不远处,仅存的少数官员,以及一些见识广博的修士,失声惊呼,眼中充满了难以置信。
这种承载大乾国运、由皇帝亲笔敕封的圣旨,珍贵无比。
非立下不世之功、或身份特殊,绝无可能获得。
整个大乾,流落在外的恐怕也就二三十张,多是赐予五大宗门中的加入不更并立下大功的顶尖强者,作为最高荣誉的象征。
姜明渊,竟也有一张!
圣旨展开的刹那,那铺天盖地袭来的恐怖虫潮,如同遇到了无形的天堑,竟被一层陡然升起的金色光幕牢牢挡在三丈之外。
任凭虫群如何疯狂冲击,那金色光幕岿然不动,甚至将靠近的邪虫纷纷震碎。
“什么?!”上尸神大为震动,眼中露出了惊疑之色,“你竟有圣旨护身?!”
姜明渊双手捧持圣旨,周身沐浴在圣旨散发的金色辉光之中。
他眼神冰冷如万载寒冰,死死锁定上尸神:
“动用此旨,此次州城之乱,本官不仅无功,反而还会犯下重罪!但……”
他声音陡然拔高,充满决绝的杀意:
“今日若不将你这罪魁祸首诛杀于此,本官心难安,恨难平!”
“以吾之血,奉请圣裁,诛灭邪魔!”
姜明渊猛地咬破舌尖,一口蕴含着文心文胆精血的鲜红血液,喷在了手中的圣旨之上。
嗡——!!!
圣旨之上的朱砂御字,瞬间爆发出比太阳还要璀璨夺目的炽烈金光。
那方传国玉玺的印记,仿佛活了过来,化作一条五爪金龙虚影,在圣旨上游走咆哮。
浩瀚如海!
威严如狱!
一朝国运,被瞬间引动!
整个圣旨,化作了一团金色光球。
下一刻,姜明渊用尽全身力气,将那团金色光球,朝着空中上尸神,狠狠掷出。
不,那不是掷出,那更像是……引爆了一颗由“太阳”!
“不——!!!”
上尸神发出惊骇欲绝的厉啸,疯狂后退,同时将手中那枚仙符催动到极致,在身前布下层层防御。

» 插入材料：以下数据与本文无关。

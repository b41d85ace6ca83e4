//! The limits for one peer: sizes, and the time of each wait.

/// The most replies that wait for one train. At one more, its connection is cut.
pub(crate) const REPLIES: usize = 256;

/// The most events of a connection that wait for the journal before its next message is read.
pub(crate) const UNWRITTEN: u32 = 64;

/// The most bytes of a line at the control endpoint.
pub(crate) const MOST_ROW: usize = 4_096;

/// The longest wait of a write to a train that reads nothing, in seconds. After it the connection is cut. A whole
/// answer to the interlocking has the same limit.
pub(crate) const PATIENCE_S: u64 = 10;

/// The longest silence of a train, in seconds. After it the connection counts as lost.
pub(crate) const SILENCE_S: u64 = 600;

/// The rest of an endpoint after the system failed to give a connection, in milliseconds.
pub(crate) const DEAF_REST_MS: u64 = 1_000;

/// The longest wait of a control connection, for a line or for a part of a write, in milliseconds. After it the
/// connection checks the time and whether the centres still run.
pub(crate) const CONTROL_REST_MS: u64 = 100;

/// The longest silence of the reserve connection, in rests of a control connection: 5 seconds.
pub(crate) const RESERVE_RESTS: u32 = 50;

/// The time for a connection to leave its slot for another, in rests of an endpoint: 1 second.
pub(crate) const LEAVING_RESTS: u32 = 50;

/// The time of a connection of the interlocking before the next one has to leave its slot too, in rests of an endpoint:
/// 0.2 seconds.
pub(crate) const NEXT_RESTS: u32 = 10;

/// The time of trains after `stop` until their connections are ended, in rests of an endpoint: about 30 seconds.
pub(crate) const GRACE_RESTS: u32 = 1_500;
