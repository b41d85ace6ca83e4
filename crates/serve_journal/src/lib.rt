//! The journal of a centre on a disk: appended entries stay, also over a crash.
//!
//! A [`DurableFile`] is a file that grows at its end. A [`JournalFile`] appends the lines of entries to it, and waits
//! until they are durable. Only that makes a [`Kept`]: with it, the answers to these events may leave their centre. A
//! [`Sealed`] answer comes out only with a `Kept` of its own centre. A [`SystemFile`] is a file of the system;
//! `open_journal` and `make_journal` open it and lock it.
//!
//! Contracts see the bytes of a `DurableFile` that reports them, such as one in memory. The bytes of a file of the
//! system are in no contract: that it meets `DurableFile` is trusted.
//!
//! ```text
//! let file = make_journal(&rt, "day/A.journal")?;
//! let mut journal = JournalFile::open(SystemFile::new(file, true), 0)?;
//! journal.add(b"journal 2 A ..\n")?;
//! if let Some(kept) = journal.keep(alloc, &line, &entries)? {
//!     // each event of centre kept.centre() up to kept.stamp() is on the disk
//! }
//! ```
#![tactic(auto)]

mod durable_file;
mod journal_file;
mod kept;
mod opening;
mod sealed;
mod system_file;

pub use durable_file::DurableFile;
pub use journal_file::JournalFile;
pub use kept::Kept;
pub use opening::{OpenFault, make_journal, open_journal, read_whole};
pub use sealed::{Opened, Sealed};
pub use system_file::SystemFile;
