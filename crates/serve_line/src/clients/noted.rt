use crate::clients::limits::UNWRITTEN;
use crate::state::CentreSink;
use serve_notes::{About, Kind, Notes, PeerConnection};
use serve_workers::AnswerSink;
use serve_workers::connections::ConnectionSink;
use serve_workers::writing::Release;
use std::sync::Wait;
use std::sync::atomic::{AtomicU32, Ordering};
use text_script::Outcome;

/// A train's connection as its session sees it. It notes each train that opens its session.
#[derive(Drop)]
pub(crate) struct LoggedSink<'a, N> {
    pub connection_sink: ConnectionSink<'a>,
    pub sink: &'a CentreSink<'a>,
    pub notes: &'a N,
    /// The number of answered events of the connection.
    pub events: AtomicU32,
}

impl<N> LoggedSink<'_, N> {
    // Waits for the journal after every `UNWRITTEN`th event, so that answers that wait for the disk have room.
    fn keep_near<R: Wait>(&self, rt: &R, stamp: u32) {
        if self.events.fetch_add(1, Ordering::SeqCst) % UNWRITTEN == UNWRITTEN - 1 {
            let _ = self.sink.reaches(rt, self.sink.awaited(stamp));
        }
    }
}

impl<N: Notes> AnswerSink for LoggedSink<'_, N> {
    fn opened<R: Wait>(&self, rt: &R, nid_engine: u32) {
        self.connection_sink.opened(rt, nid_engine);
        let name = self.sink.name;
        let number = self.connection_sink.number;
        let about = About::centre(Kind::Session, name).train(nid_engine);
        self.notes.note(
            about.over(PeerConnection::Train(number)),
            format_args!(
                "{name}: train {nid_engine} opens its session over train connection {number}"
            ),
        );
    }

    fn answered<R: Wait>(&self, rt: &R, outcome: &Outcome) {
        if let Some(kept) = self.sink.may_send(rt, outcome) {
            self.connection_sink.answered(rt, outcome);
            self.sink.tell(rt, outcome, &kept);
        }
        self.keep_near(rt, outcome.stamp);
    }
}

无生老母也感受到了致命的威胁,化作星星点点瞬间消失不见。
那团金色光球……猛地膨胀开来。
无数光芒向四周蔓延。
金色的光海,一瞬间吞没了以州牧府为中心,方圆近十里的一切。
建筑、官员、邪教徒……所有的一切,都如同暴露在烈日下,瞬间气化,湮灭消失!
小半座云梦州城,无论是州府官兵、不更高手,还是肆虐的邪教徒、秦川及其叛党署官,甚至是许多躲藏在废墟中瑟瑟发抖的无辜百姓……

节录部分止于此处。